El DV potencia la migración neuronal cortical in vitro

Al promover la formación del nicho neurovascular a través de efectos sobre células endoteliales de cerebro, como sugieren los resultados anteriores, el DV podría ser neuroprotector y potenciar la neurogénesis y la migración neuronal. Además, si el DV atraviesa la barrera hematoencefálica, podría ejercer también efectos directos sobre neuronas. Se determinó si DV podía ejercer efectos neuronales directos que pudieran ser coherentes con su potencial terapéutico para el accidente cerebrovascular. Con esta finalidad, se aislaron neuronas corticales primarias de ratones C57B16 embrionarios de 15 días utilizando una técnica rutinaria de disección en ambiente estéril para el aislamiento de células primarias, poniendo particular atención en separar las meninges, y se llevó a cabo con estas células un ensayo de migración in vitro.

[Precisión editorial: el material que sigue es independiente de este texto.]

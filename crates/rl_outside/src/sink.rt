ghost use Rattle.std.specs.Prelude.{◌≡◌, ℕ, ◌≤◌, ◌<◌, ◌-◌, List, [], Option, length, IfOk, OnOk, OnErr, IsOk};
ghost use Rattle.std.specs.Io.KnownBytes.{Appends, WriteAppends};
ghost use Rattle.rl_base.specs.Numbers.{greatest_u64};
ghost use Rattle.rl_outside.specs.Causes.{RoseOrFull};
ghost use Rattle.rl_outside.specs.Sink.{AppendsPart};

/// The sink took no byte, and its count of faults has risen.
#[derive(Clone, Copy, Debug, PartialEq, Eq)]
pub struct SinkFault;

/// Where text goes. `written` tells the bytes taken so far, or leaves them untold, and `faults` counts
/// the faults, up to the greatest u64.
pub trait Sink {
    ghost written: { Self → Option (List ℕ) };

    ghost faults: { Self → ℕ };

    /// Takes the first bytes of the piece, at least one, and answers how many. After a fault none was
    /// taken, and the caller may put again.
    fn put(&mut self, piece: &[u8]) -> Result<usize, SinkFault>
        requires { 0 < length piece.now }
        ensures at_least_one { IfOk result (λ n. 0 < n) }
        ensures within { IfOk result (λ n. n ≤ length piece.now) }
        ensures bytes { WriteAppends (written self.old) (written self.new) result piece.now }

        // The count rises at a fault, and at nothing else.
        ensures kept { OnOk result (faults self.new ≡ faults self.old) }
        ensures cause { OnErr result (RoseOrFull (faults self.old) (faults self.new)) }
        ensures later { faults self.old ≤ faults self.new };

    ghost bounded: { (s : Self) → faults s ≤ greatest_u64 };
}

/// Puts the whole text, piece by piece. Where a put fails, the bytes before it were taken and nothing
/// more is put. An empty text makes no put. Takes no memory of its own.
pub fn put_all<K: Sink>(out: &mut K, text: &[u8]) -> Result<(), SinkFault>
    ensures whole { OnOk result (Appends (K.written out.old) (K.written out.new) text.now) }
    ensures part { OnErr result (AppendsPart (K.written out.old) (K.written out.new) text.now) }
    ensures kept { OnOk result (K.faults out.new ≡ K.faults out.old) }
    ensures cause { OnErr result (RoseOrFull (K.faults out.old) (K.faults out.new)) }
    ensures later { K.faults out.old ≤ K.faults out.new }
    ensures empty { text.now ≡ [] → IsOk result }
    ensures no_put { text.now ≡ [] → out.new ≡ out.old }
{
    let mut done = 0;
    while done < text.len() {
        done += out.put(&text[done..])?;
    }
    Ok(())
}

Antes de su uso, se confirmó la identidad neuronal mediante inmunocitoquímica con TUJ-1. Se cargaron las neuronas (3x103/pocillo) en la cámara superior de una cámara Boyden modificada (NeuroProbe, Gaithersburg, Maryland, EE.UU.) ± preincubación durante 30 minutos en los apropiados medios exentos de suero con DV 100 nM

o 200 nM en suspensión a 37 °C y luego se dejó que migraran a través de una membrana de policarbonato revestida con colágeno de tipo I hacia el quimioatrayente factor de crecimiento nervioso (NGF, 4 nM por pocillo inferior) durante 8 horas a 37 °C. La membrana (que contenía células en migración) fue luego fijada con acetona, y las células fueron teñidas con violeta cristal (Sigma) y contadas bajo el microscopio. En la Figura 10 se muestra que el DV potencia la migración de neuronas corticales al demostrarse que el tratamiento con DV potenciaba significativamente, y de un modo dependiente de la dosis, la migración neuronal cortical hacia NGF (p < 0,0001 para ambas concentraciones de DV), lo que sugiere que el DV podría ejercer efectos terapéuticos directos sobre neuronas.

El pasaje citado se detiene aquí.